Given a list of coordinates in the first quadrant, calculate how many right triangles can be formed which have one side parallel to x-axis

Question

Given a list of coordinates in the first quadrant, calculate how many right triangles can be formed from these which have one side parallel to x-axis and one side parallel to y-axis.

Recently I took part in a programming competition, more specifically INOI(Indian National Olympiad n Informatics) and this was the first out of two questions in the paper.

Basically I figured any 3 points of type (a,y) (x,y) (x,b) would form such a triangle but couldn't manage anything better, and in the end just wrote a naive O(n^3) solution (and so did all my friends).

Can anyone suggest a better way?

And please, THIS IS NOT HOMEWORK.

Answer 1

Yeah, I agree with IVlad there. the input can be directly stored in a 2*N array, and at the same time the count for every x and y should be stored in numX and numY... then it's just wat IVlad said...

Answer 2

Lets numX[i] = how many points have i as their X coordinate and numY[i] = how many points have i as their Y coordinate.

We will count how many triangles with the required property exist for a certain point p. Without loss of generality, we can assume that p is the point where the triangles make their right angle.
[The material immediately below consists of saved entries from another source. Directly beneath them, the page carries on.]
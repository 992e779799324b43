//! Plays turns from standard input on one board, and prints a line for each outcome; and what the kernels tell of tips.
#![tactic(auto)]

mod alter;
mod kernels;
mod line;
mod placed;
mod table;
mod taken;
mod words;

use desk::LEAST;
use line::{MOST_LINE, next_line};
use std::io::BufReader;
use table::Table;

fn run(rt: &HostRuntime) -> anyhow::Result<()> {
    let heap = rt.alloc();
    let mut table = Table::new(heap, LEAST)?;
    let mut input = BufReader::new(heap, rt.stdin())?;
    let mut line = Vec::new(heap);
    for _line in 0..u64::MAX {
        if !next_line(&mut input, &mut line)? {
            break;
        }
        play_line(rt, &mut table, line.as_slice())?;
    }
    Ok(())
}

// Plays the command of a line; a blank line and a comment have none.
fn play_line(rt: &HostRuntime, table: &mut Table, line: &[u8]) -> anyhow::Result<()> {
    if matches!(line, [] | [b'\r'] | [b'#', ..]) {
        return Ok(());
    }
    if line.len() > MOST_LINE {
        return Ok(rt.println("too long a line")?);
    }
    match str::from_utf8(line) {
        Ok(text) => table.play(rt, text.strip_suffix('\r').unwrap_or(text)),
        Err(_) => Ok(rt.println("no such text")?),
    }
}

fn main(rt: HostRuntime) -> anyhow::Result<()> {
    run(&rt)
}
For this to happen, we need a point with the same Y coordinate and one with the same X coordinate. So how about this algorithm:

compute numX and numY in O(n).
num = 0
for each point p in the given list of points
    num += (numX[p.X] - 1)*(numY[p.Y] - 1)

output num

Basically, we can combine each point with the same X coordinate with each point with the same Y coordinate to get the required triangle. We subtract 1 so as not to count p itself.

This will run in O(n).